Exercise details: Lines of the material that include the string "PlainCode" should be returned.

*** Supplied records Section Begins ***

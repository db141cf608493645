//! The rules of the table of cards that are inside.
ghost use Rattle.std.specs.Prelude.{◌≡◌, true, IfOk};
ghost use Rattle.std.specs.List.{list_all};
ghost use Rattle.hotel_rows.specs.Stored.{number_of, plain_fits, rows_of};
ghost use Rattle.hotel_rows.specs.Stored.{room_row, code_row, card_row, inside_pair};
ghost use Rattle.hotel_model.specs.SoundNotes.{fits_inside, has_entered};
ghost use Rattle.hotel_rows.specs.Damage.{inside_holds};
ghost use Rattle.hotel_rows.specs.FitRuns.{FitRunsOf};
ghost use Rattle.hotel_rows.specs.Known.{IsOfRows};
ghost use Rattle.hotel_rows.specs.CodePlaces.{placed_as_due};
ghost use Rattle.hotel_rows.specs.RowTests.{inside_fits};

use crate::damage::by_key::{card_at, code_at, inside_keys, room_at};
use crate::damage::code_places::is_newest;
use crate::damage::codes::stands_at;
use crate::damage::fit_runs::{RoomFits, last_place};
use crate::damage::known::Known;
use crate::damage::numbers::{number, rise_in_pairs};
use crate::stored::{PlainCard, PlainCode, PlainInside, PlainRoom, Stored};
use keycard_rules::Memory;
use std::alloc::Global;

/// Whether the code's place is after that of the room's last fit, and not after the lock's.
fn has_entered(stored: &Stored, fits: &RoomFits, room: &PlainRoom, code: PlainCode) -> bool
    requires { FitRunsOf fits.now.runs.entries (plain_fits stored.now) }
    ensures { result
        ≡ has_entered (rows_of stored.now) (number_of room.now.room) (room_row room.now) (code_row code) }
{
    let place = number(code.place);
    let least = last_place(fits, number(room.room));
    least < place && place <= number(room.lock_place)
}

/// Whether the card's link stands at the room, its new code was entered at the present lock, and is the newest in a
/// secured room.
fn fits_inside(known: &Known, stored: &Stored, room: &PlainRoom, card: PlainCard) -> bool
    requires known { IsOfRows known.now stored.now }
    requires due { placed_as_due known.now.placed.entries room.now ≡ true }
    ensures { result ≡ fits_inside (rows_of stored.now) (number_of room.now.room) (room_row room.now) (card_row card) }
{
    let old = number(card.old_code);
    let new = number(card.new_code);
    if !stands_at(&known.places, stored, number(room.room), old, new) {
        return false;
    }
    let Some(code) = code_at(&known.places, stored, new) else {
        return false;
    };
    if !has_entered(stored, &known.fits, room, code) {
        return false;
    }
    if number(room.secured) != 1 {
        return true;
    }
    is_newest(&known.placed, &known.fits, stored, room, old, new)
}

fn inside_fits(known: &Known, stored: &Stored, inside: &PlainInside) -> bool
    requires known { IsOfRows known.now stored.now }
    requires due { list_all (placed_as_due known.now.placed.entries) stored.now.room.items ≡ true }
    ensures { result ≡ inside_fits (rows_of stored.now) (inside_pair inside.now) }
{
    let named = number(inside.room);
    let Some(room) = room_at(&known.places, stored, named) else {
        return false;
    };
    let Some(card) = card_at(&known.places, stored, number(inside.card)) else {
        return false;
    };
    fits_inside(known, stored, room, card)
}

fn insides_fit(known: &Known, stored: &Stored) -> bool
    requires known { IsOfRows known.now stored.now }
    requires due { list_all (placed_as_due known.now.placed.entries) stored.now.room.items ≡ true }
    ensures { result ≡ list_all (λ e. inside_fits (rows_of stored.now) (inside_pair e)) stored.now.inside.items }
{
    for i in 0..stored.inside.len() {
        if !inside_fits(known, stored, &stored.inside[i]) {
            return false;
        }
    }
    true
}

/// Whether the rules of the table of cards that are inside hold, where those of the codes do.
pub(crate) fn insides_hold(alloc: Global, known: &Known, stored: &Stored) -> Result<bool, Memory>
    requires known { IsOfRows known.now stored.now }
    requires due { list_all (placed_as_due known.now.placed.entries) stored.now.room.items ≡ true }
    ensures { IfOk result (λ hold. hold ≡ inside_holds stored.now) }
{
    let keys = inside_keys(alloc, &stored.inside)?;
    if !rise_in_pairs(&keys) {
        return Ok(false);
    }
    Ok(insides_fit(known, stored))
}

*** Supplied records Section Ends ***

Problem solution:
use crate::stored::{PlainCard, PlainCode, PlainInside, PlainRoom, Stored};
fn has_entered(stored: &Stored, fits: &RoomFits, room: &PlainRoom, code: PlainCode) -> bool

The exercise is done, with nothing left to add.